If PyODPS is installed on your local machine, you can also install pyfg to submit tasks.
Parameters
Parameter | Default value | Description |
input_table | None | The input table. |
output_table | None | The output table. It is created automatically. |
fg_json_file | None | The FG configuration file in JSON format. |
partition_value | None | Specifies the partition of the input table to use as input for FG. The results are saved to the corresponding partition of the output table. |
schema | None | Specifies the MaxCompute schema.

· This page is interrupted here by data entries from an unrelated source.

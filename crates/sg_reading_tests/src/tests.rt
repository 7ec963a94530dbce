//! Readings of a worked rule over some replies, with answers worked out by hand.

use sg_reading::example::{Answer, FoundPlaces, Query, member, places};
use sg_reading::{Known, Replies, Stop};
use std::alloc::{AllocError, Global};
use std::test::Fail;

/// What a block declares under a name.
type Reply = (u32, u32, Answer);

/// Puts replies, one after another.
fn put_all(replies: &mut Replies<Query, Answer>, told: &[Reply]) -> Result<(), AllocError> {
    for (block, name, answer) in told {
        let query = Query {
            block: *block,
            name: *name,
        };
        replies.put(query, *answer)?;
    }
    Ok(())
}

/// Replies of which each is to a query.
fn replies_of(alloc: Global, told: &[Reply]) -> Result<Replies<Query, Answer>, AllocError> {
    let mut replies = Replies::new(alloc);
    put_all(&mut replies, told)?;
    Ok(replies)
}

/// The block of the query that the member 9 of what 7 means in the blocks 3 and 1 lacks.
fn lacking(replies: &Replies<Query, Answer>) -> Option<(u32, u32)> {
    match member(replies, &[3, 1], 7, 9) {
        Err(Stop::NoReply(query)) => Some((query.block, query.name)),
        _ => None,
    }
}

/// The replies in the order in which they are asked for.
const TOLD: [Reply; 3] = [
    (3, 7, Answer::Declared(4, false)),
    (1, 7, Answer::Declared(5, true)),
    (5, 9, Answer::Declared(8, true)),
];

/// The first of the replies that is not asked for once those before it are there.
fn wrong_turn(alloc: Global) -> Result<Option<usize>, AllocError> {
    for (at, (block, name, _)) in TOLD.iter().enumerate() {
        if lacking(&replies_of(alloc, &TOLD[..at])?) != Some((*block, *name)) {
            return Ok(Some(at));
        }
    }
    Ok(None)
}

/// Whether the member of what 7 means in these blocks is this.
fn is_member(alloc: Global, blocks: &[u32], wanted: Option<u32>) -> Result<bool, AllocError> {
    let replies = replies_of(alloc, &TOLD)?;
    Ok(member(&replies, blocks, 7, 9) == Ok(wanted))
}

#[test]
fn a_member_of_the_nearest_block(rt: HostRuntime) -> Result<(), Fail> {
    assert_eq!(rt; wrong_turn(rt.alloc())?, None);
    assert!(rt; is_member(rt.alloc(), &[3, 1], Some(8))?);
    assert!(rt; is_member(rt.alloc(), &[3], None)?);
    Ok(())
}

/// What the blocks 3 and 1 tell of the name 7.
const OF_BLOCKS: [Reply; 2] = [
    (3, 7, Answer::Undeclared),
    (1, 7, Answer::Declared(5, true)),
];

/// The places of 7 in the blocks 3 and 1.
fn places_of_blocks(alloc: Global) -> Result<Known<FoundPlaces, Query>, AllocError> {
    let replies = replies_of(alloc, &OF_BLOCKS)?;
    places(alloc, &replies, &[3, 1], 7)
}

/// Whether places are found, and are these.
fn are_places(found: &Known<FoundPlaces, Query>, wanted: &[Option<u32>]) -> bool {
    match found {
        Known::Is(found) => found.as_slice() == wanted,
        Known::Need(_) => false,
    }
}

#[test]
fn the_places_of_each_block(rt: HostRuntime) -> Result<(), Fail> {
    let found = places_of_blocks(rt.alloc())?;
    assert!(rt; are_places(&found, &[None, Some(5)]));
    Ok(())
}

/// The block and the name of the last reply, which is taken back.
fn taken(replies: &mut Replies<Query, Answer>) -> Option<(u32, u32)> {
    match replies.take_back() {
        Some((query, _)) => Some((query.block, query.name)),
        None => None,
    }
}

/// Whether the last of two replies is taken back and asked for again, and no other.
fn is_taken_back(replies: &mut Replies<Query, Answer>) -> Result<bool, AllocError> {
    put_all(replies, &OF_BLOCKS)?;
    let last = taken(replies);
    let lacks = lacking(replies);
    put_all(replies, &[(1, 7, Answer::Declared(6, true))])?;
    Ok(last == Some((1, 7)) && lacks == Some((1, 7)) && lacking(replies) == Some((6, 9)))
}

#[test]
fn the_last_reply_is_taken_back(rt: HostRuntime) -> Result<(), Fail> {
    let mut replies = Replies::new(rt.alloc());
    assert_eq!(rt; taken(&mut replies), None);
    assert!(rt; is_taken_back(&mut replies)?);
    Ok(())
}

For more information, see Schema operations. |
batch_size | 128 | The number of records to process in a batch. |
memory | 1024 | The amount of memory used by the task node, in MB. |
force_delete_output_table | False | Specifies whether to delete the output table. If set to True, the output table is deleted before the task runs. |
force_update_resource | False | Specifies whether to update resources. If set to True, resources are updated before the task runs. Do not always set this to True. It can cause concurrency conflicts. |
output_merged_str | False | Specifies whether to merge strings. If set to True, strings are automatically merged to output a large string feature in RTP format. |
debug | False | Specifies whether to run in debug mode. If set to True, the content of all updated resources is printed. |
sql_setting | None | The key and value parameters for the |
fg_setting | None | The key and value parameters for the |
Modify the default parameter values in the example code.
Additional information
The pyfg package is installed on a gateway machine in an exclusive resource group. This machine can submit SQL tasks to MaxCompute. Alternatively, you can install the pyfg package on any machine that has the pyodps tool and then use that machine to submit tasks to a MaxCompute cluster.
Custom User-Defined Functions (UDFs) in SQL tasks require several resources, such as the FG shared library, configuration files like fg.json, dictionaries, custom operator libraries, and UDF code files (.py). You must upload all these resources to the MaxCompute cluster, where they are stored in a distributed file system. When a task runs, each worker downloads these resources from the distributed file system and loads them into memory.
Some resources, such as the FG shared library and UDF code files, are shared among multiple tasks. When you set force_update_resource=True, the original resources are deleted before new ones are uploaded. This process creates a time gap that might affect other running tasks.